BB 〔1〕本篇最初发表于一九三○年二月一日《萌芽月刊》第一卷第二期。
〔2〕新潮社北京大学部分学生和教员组成的文化团体,主要成员有傅斯年、罗家伦、杨振声和周作人等。一九一八年底成立。一九一九年一月创办《新潮》月刊,次年八月起出版《新潮丛书》,一九二三年起出版《新潮社文艺丛书》。北新书局,一九二五年三月成立于北京,由原新潮社成员李小峰主持。当时主要出版新文艺书籍。〔3〕“轮盘赌”欧洲赌场中的一种赌博方法,当时也盛行于上海租界。
〔4〕“书中自有黄金屋”见相传为宋真宗所作的《劝学文》:“读,读,读!书中自有黄金屋;读,读,读!书中自有千锺粟;读,读,读!书中自有颜如玉。”
〔5〕“女作家”分为一类张若谷曾编辑《女作家杂志》,一九二九年九月由上海女作家杂志社出版。
〔6〕张竞生广东饶平人,法国巴黎大学哲学博士,曾任北京大学教授。著有《美的人生观》、《美的社会组织法》等。一九二六年起在上海编辑《新文化》月刊,一九二七年开设美的书店,宣传色情文化。“第三种水”指女性性生活中的分泌物。张在所编《性史》一书中曾论及“第三种水”。
〔7〕《忏悔录》卢梭于一七七八年写的自传体小说。张竞生曾翻译它的第一、二部分,一九二九年上海美的书店出版。

  一、张竞生其人

到上海不久,张竞生便拟开办“美的书店”。为此,张竞生与友人集资两千元,出资最多的友人谢蕴如就任总经理,张竞生自任总编辑,开张之后,生意兴隆。

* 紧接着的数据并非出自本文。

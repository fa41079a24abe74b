ghost use Rattle.std.specs.Prelude.{◌≡◌, ◌==◌, not, IfOk};
ghost use Rattle.std.specs.List.{list_any};
ghost use Rattle.ch_history.specs.SignIns.{user_socket, of_user, has_one_of, has_any};

use ch_base::{Memory, Text};
use ch_history::UserSocket;
use ch_index::Index;
use std::alloc::Global;

/// Whether the socket has a row of the user.
pub fn is_of(index: &Index<UserSocket>, socket: u64, user: &Text) -> bool
    ensures { result ≡ has_one_of index.now socket user.now }
{
    index.has(socket, user)
}

/// Whether another socket has a row of the user.
pub fn has_other(index: &Index<UserSocket>, socket: u64, user: &Text) -> bool
    ensures { result ≡ list_any (λ r. not (r.socket == socket)) (of_user index.now user.now) }
{
    let mut walk = index.walk(user);
    'walk: while let Some(row) = walk.next() {
        if row.socket != socket {
            return true;
        }
    }
    false
}

/// Whether the user has a row.
pub fn has_any(index: &Index<UserSocket>, user: &Text) -> bool
    ensures { result ≡ has_any index.now user.now }
{
    let mut walk = index.walk(user);
    match walk.next() {
        Some(_) => true,
        None => false,
    }
}

/// A row with a copy of the user's id.
pub fn row(alloc: Global, socket: u64, user: &Text, owner: u64) -> Result<UserSocket, Memory>
    ensures { IfOk result (λ r. r ≡ user_socket owner socket user.now) }
{
    Ok(UserSocket {
        user: user.copy(alloc)?,
        socket,
        owner,
    })
}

  张竞生何许人也?这个问题很难回答。厌恶他的人给他戴上了神经病、卖春博士、文妖的帽子,断言其著作是伪科学,许多说法都是胡说;为他鸣不平的人则尊他为哲学家、文学家、性心理学家、教育改革家、社会学家和农村经济发展实验家,称他是国民党元老、中国现代民俗学的先驱、中国第一个提出逻辑学概念的学者,把他推上中国性学第一人、中国计划生育第一人、中国发起爱情大讨论第一人的交椅。面对截然相反的评价,我们无法看清张竞生的真实面目。不过,根据历史事实,大致可以为张竞生勾勒出如下轮廓:

为推销图书,书店还有当时领先业界的“绝招”。那就是,在店内雇用年轻漂亮的女店员。当时上海商店一直是男性店员为顾客服务,少有女性店员出现的。“美的书店”此举成了街头巷尾热议的话题。

  1888年张竞生出生于广东饶平,早年参加同盟会,追随孙中山,后被任命为南方议和团秘书,参与南北议和谈判。1912年,他由中华民国临时政府稽勋局选派赴法留学,1919年获里昂大学哲学博士学位。1921年张竞生被蔡元培聘为北京大学哲学教授,从此进入文化中心。1926年,他因出版《性史》招致骂名,在各种变故的共同影响下离京赴沪创办《新文化》月刊,开办美的书店。1930年代,张竞生受陈济棠之邀任广东省实业督办,1950年代曾任广东省文史馆馆员。文革时他遭批判,1970年于深夜读书时辞世。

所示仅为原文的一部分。